[Materials provided]:

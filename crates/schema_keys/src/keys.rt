//! The keys of a table.
ghost use Rattle.std.specs.Prelude.{◌↔◌, ◌∷◌, [], All, IfNone, IfOk, IfSome, IsTrue, map, string_bytes};
ghost use Rattle.std.specs.List.{AllZip, Any};
ghost use Rattle.sql_reader_grammar.specs.create_trees.CreateView.{column_of};
ghost use Rattle.schema_keys.specs.declared_keys.Keys.{KeyData};
ghost use Rattle.schema_keys.specs.declared_keys.KeyView.{key_data};
ghost use Rattle.schema_keys.specs.Created.{AreColumns, AreKeys, Clash, IsPrimaryKeyWith, IsLonePrimaryKey, IsNamedIn, IsOnlyPrimary, IsRowid, IsRowidPlace, IsRowKey, column_names};
ghost use Rattle.schema_keys.specs.Names.{AreApart, IsNameAt, IsSameName};
ghost use Rattle.schema_tables.specs.RowKeyView.{row_key_of};
ghost use Rattle.schema_tables.specs.TableData.{RowKeyData};

use crate::created::is_same_name;
use crate::declared_keys::Key;
use crate::served::{are_columns, contains, is_rowless};
use crate::types::is_integer;
use schema_tables::RowKey;
use sql_reader_grammar::{Column as ColumnDefinition, TableOption};
use std::alloc::{AllocError, Global};

/// Whether these are the same names, in the same order.
fn are_same(first: &[String], second: &[String]) -> bool
    ensures { IsTrue result ↔ AllZip IsSameName (map (λ n. string_bytes n) first.now) (map (λ n. string_bytes n) second.now) }
{
    if first.len() != second.len() {
        return false;
    }
    for (place, name) in first.iter().enumerate() {
        if !is_same_name(name.as_str(), second[place].as_str()) {
            return false;
        }
    }
    true
}

/// Whether a table has one of two keys at most.
fn clash(first: &Key, second: &Key) -> bool
    ensures { IsTrue result ↔ Clash (key_data first.now) (key_data second.now) }
{
    (first.is_primary && second.is_primary)
        || are_same(first.columns.as_slice(), second.columns.as_slice())
}

/// Whether a table has a key or one of these at most.
fn clashes(before: &[Key], key: &Key) -> bool
    ensures { IsTrue result ↔ Any (λ k. Clash (key_data k) (key_data key.now)) before.now }
{
    before.iter().any(|other| clash(other, key))
}

/// Whether a table may have all of these keys.
fn are_apart(keys: &[Key]) -> bool
    ensures { IsTrue result ↔ AreApart Clash (map key_data keys.now) }
{
    for (place, key) in keys.iter().enumerate() {
        if clashes(&keys[..place], key) {
            return false;
        }
    }
    true
}

/// Whether a key is of columns of a table, each once.
fn is_of_columns(columns: &[ColumnDefinition], key: &Key) -> bool
    ensures { IsTrue result ↔ AreColumns (map column_of columns.now) (key_data key.now).columns }
{
    are_columns(columns, key.columns.as_slice())
}

/// Whether each of the keys is.
fn are_of_columns(columns: &[ColumnDefinition], keys: &[Key]) -> bool
    ensures { IsTrue result ↔ All (λ k. AreColumns (map column_of columns.now) k.columns) (map key_data keys.now) }
{
    keys.iter().all(|key| is_of_columns(columns, key))
}

/// Whether these may be the keys of a table of these columns. (CREATE TABLE, "The PRIMARY KEY", "UNIQUE constraints")
pub(crate) fn are_keys(columns: &[ColumnDefinition], keys: &[Key]) -> bool
    ensures { IsTrue result ↔ AreKeys (map column_of columns.now) (map key_data keys.now) }
{
    are_of_columns(columns, keys) && are_apart(keys)
}

/// Whether a key is PRIMARY KEY, and the column of this name is of it.
fn has_column(key: &Key, name: &str) -> bool
    ensures { IsTrue result ↔ IsPrimaryKeyWith name.now (key_data key.now) }
{
    key.is_primary && contains(key.columns.as_slice(), name)
}

/// Whether one of the columns of the PRIMARY KEY has this name.
pub(crate) fn is_in_primary(keys: &[Key], name: &str) -> bool
    ensures { IsTrue result ↔ Any (IsPrimaryKeyWith name.now) (map key_data keys.now) }
{
    keys.iter().any(|key| has_column(key, name))
}

/// Whether these names are this one alone.
fn are_one(names: &[String], name: &str) -> bool
    ensures { IsTrue result ↔ AllZip IsSameName (map (λ n. string_bytes n) names.now) (name.now ∷ []) }
{
    match names {
        [only] => is_same_name(only.as_str(), name),
        _ => false,
    }
}

/// Whether a key is PRIMARY KEY of the column of this name alone.
fn is_key_of(key: &Key, name: &str) -> bool
    ensures { IsTrue result ↔ IsLonePrimaryKey name.now (key_data key.now) }
{
    key.is_primary && are_one(key.columns.as_slice(), name)
}

/// Whether one of the keys is.
fn is_key(keys: &[Key], name: &str) -> bool
    ensures { IsTrue result ↔ Any (IsLonePrimaryKey name.now) (map key_data keys.now) }
{
    keys.iter().any(|key| is_key_of(key, name))
}

/// Whether a column is the rowid, in a table of these options and keys. (ROWIDs and the INTEGER PRIMARY KEY)
pub(crate) fn is_rowid(options: &[TableOption], keys: &[Key], column: &ColumnDefinition) -> bool
    ensures { IsTrue result ↔ IsRowid options.now (map key_data keys.now) (column_of column.now) }
{
    !is_rowless(options) && is_integer(column) && is_key(keys, column.name.as_str())
}

/// The place of the column that is the rowid, where there is one. (ROWIDs and the INTEGER PRIMARY KEY)
fn rowid_place(options: &[TableOption], keys: &[Key], columns: &[ColumnDefinition]) -> Option<usize>
    ensures { IsRowidPlace options.now (map key_data keys.now) (map column_of columns.now) result }
{
    for (place, column) in columns.iter().enumerate() {
        if is_rowid(options, keys, column) {
            return Some(place);
        }
    }
    None
}

/// The PRIMARY KEY, where it is the only key.
fn only_primary(keys: &[Key]) -> Option<&Key>
    ensures found { IfSome result (λ key. IsOnlyPrimary (map key_data keys.now) (key_data key.now)) }
    ensures none { IfNone result ((key : KeyData) → ¬ IsOnlyPrimary (map key_data keys.now) key) }
{
    match keys {
        [key] if key.is_primary => Some(key),
        _ => None,
    }
}

/// The place of the first column of this name.
fn place_of(columns: &[ColumnDefinition], name: &str) -> Option<usize>
    ensures found { IfSome result (IsNameAt (column_names (map column_of columns.now)) name.now) }
    ensures none { IfNone result (¬ IsNamedIn (map column_of columns.now) name.now) }
{
    for (place, column) in columns.iter().enumerate() {
        if is_same_name(column.name.as_str(), name) {
            return Some(place);
        }
    }
    None
}

/// The place of the column that is called so.
fn column_place(columns: &[ColumnDefinition], name: &str) -> usize
    requires { IsNamedIn (map column_of columns.now) name.now }
    ensures { IsNameAt (column_names (map column_of columns.now)) name.now result }
{
    place_of(columns, name).unwrap()
}

/// The places of the columns that are called so.
fn key_places(
    alloc: Global,
    columns: &[ColumnDefinition],
    names: &[String],
) -> Result<Vec<usize>, AllocError>
    requires { All (IsNamedIn (map column_of columns.now)) (map (λ n. string_bytes n) names.now) }
    ensures { IfOk result (λ places. AllZip (IsNameAt (column_names (map column_of columns.now)))
        (map (λ n. string_bytes n) names.now) places.items) }
{
    let mut places = Vec::with_capacity(alloc, names.len())?;
    for name in names {
        places.push(column_place(columns, name.as_str()))?;
    }
    Ok(places)
}

/// How the rows of a table of these columns are found; `None` where it has no rowids, and PRIMARY KEY isn't its only key.
pub(crate) fn row_key(
    alloc: Global,
    options: &[TableOption],
    keys: &[Key],
    columns: &[ColumnDefinition],
) -> Result<Option<RowKey>, AllocError>
    requires { AreKeys (map column_of columns.now) (map key_data keys.now) }
    ensures found { IfOk result (λ found. IfSome found (λ key. IsRowKey options.now (map key_data keys.now) (map column_of columns.now)
        (row_key_of key))) }
    ensures none { IfOk result (λ found. IfNone found ((key : RowKeyData)
        → ¬ IsRowKey options.now (map key_data keys.now) (map column_of columns.now) key)) }
{
    if !is_rowless(options) {
        return Ok(Some(RowKey::Rowid(rowid_place(options, keys, columns))));
    }
    let Some(key) = only_primary(keys) else {
        return Ok(None);
    };
    let places = key_places(alloc, columns, key.columns.as_slice())?;
    Ok(Some(RowKey::Primary(places)))
}
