//! The indexes that SQLite makes for the keys of a table. It promises that `automatic_indexes` gives exactly
//! those, with their numbers: one for each key, but none and no number for the PRIMARY KEY of one column that
//! is INTEGER, and none for that of a table without rowids.
//!
//! Its modules, in order: `automatic` (the indexes for keys) and `laws`.
mod automatic;
pub mod laws;

pub use automatic::{AutomaticIndex, automatic_indexes};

[Work item]:
Above are the records; from them, give again exactly the lines from the one containing "n) names.now) (name.now" through the one containing "[key] if key.is_primary", both included.

[Expected answer]:
    ensures { IsTrue result ↔ AllZip IsSameName (map (λ n. string_bytes n) names.now) (name.now ∷ []) }
{
    match names {
        [only] => is_same_name(only.as_str(), name),
        _ => false,
    }
}

/// Whether a key is PRIMARY KEY of the column of this name alone.
fn is_key_of(key: &Key, name: &str) -> bool
    ensures { IsTrue result ↔ IsLonePrimaryKey name.now (key_data key.now) }
{
    key.is_primary && are_one(key.columns.as_slice(), name)
}

/// Whether one of the keys is.
fn is_key(keys: &[Key], name: &str) -> bool
    ensures { IsTrue result ↔ Any (IsLonePrimaryKey name.now) (map key_data keys.now) }
{
    keys.iter().any(|key| is_key_of(key, name))
}

/// Whether a column is the rowid, in a table of these options and keys. (ROWIDs and the INTEGER PRIMARY KEY)
pub(crate) fn is_rowid(options: &[TableOption], keys: &[Key], column: &ColumnDefinition) -> bool
    ensures { IsTrue result ↔ IsRowid options.now (map key_data keys.now) (column_of column.now) }
{
    !is_rowless(options) && is_integer(column) && is_key(keys, column.name.as_str())
}

/// The place of the column that is the rowid, where there is one. (ROWIDs and the INTEGER PRIMARY KEY)
fn rowid_place(options: &[TableOption], keys: &[Key], columns: &[ColumnDefinition]) -> Option<usize>
    ensures { IsRowidPlace options.now (map key_data keys.now) (map column_of columns.now) result }
{
    for (place, column) in columns.iter().enumerate() {
        if is_rowid(options, keys, column) {
            return Some(place);
        }
    }
    None
}

/// The PRIMARY KEY, where it is the only key.
fn only_primary(keys: &[Key]) -> Option<&Key>
    ensures found { IfSome result (λ key. IsOnlyPrimary (map key_data keys.now) (key_data key.now)) }
    ensures none { IfNone result ((key : KeyData) → ¬ IsOnlyPrimary (map key_data keys.now) key) }
{
    match keys {
        [key] if key.is_primary => Some(key),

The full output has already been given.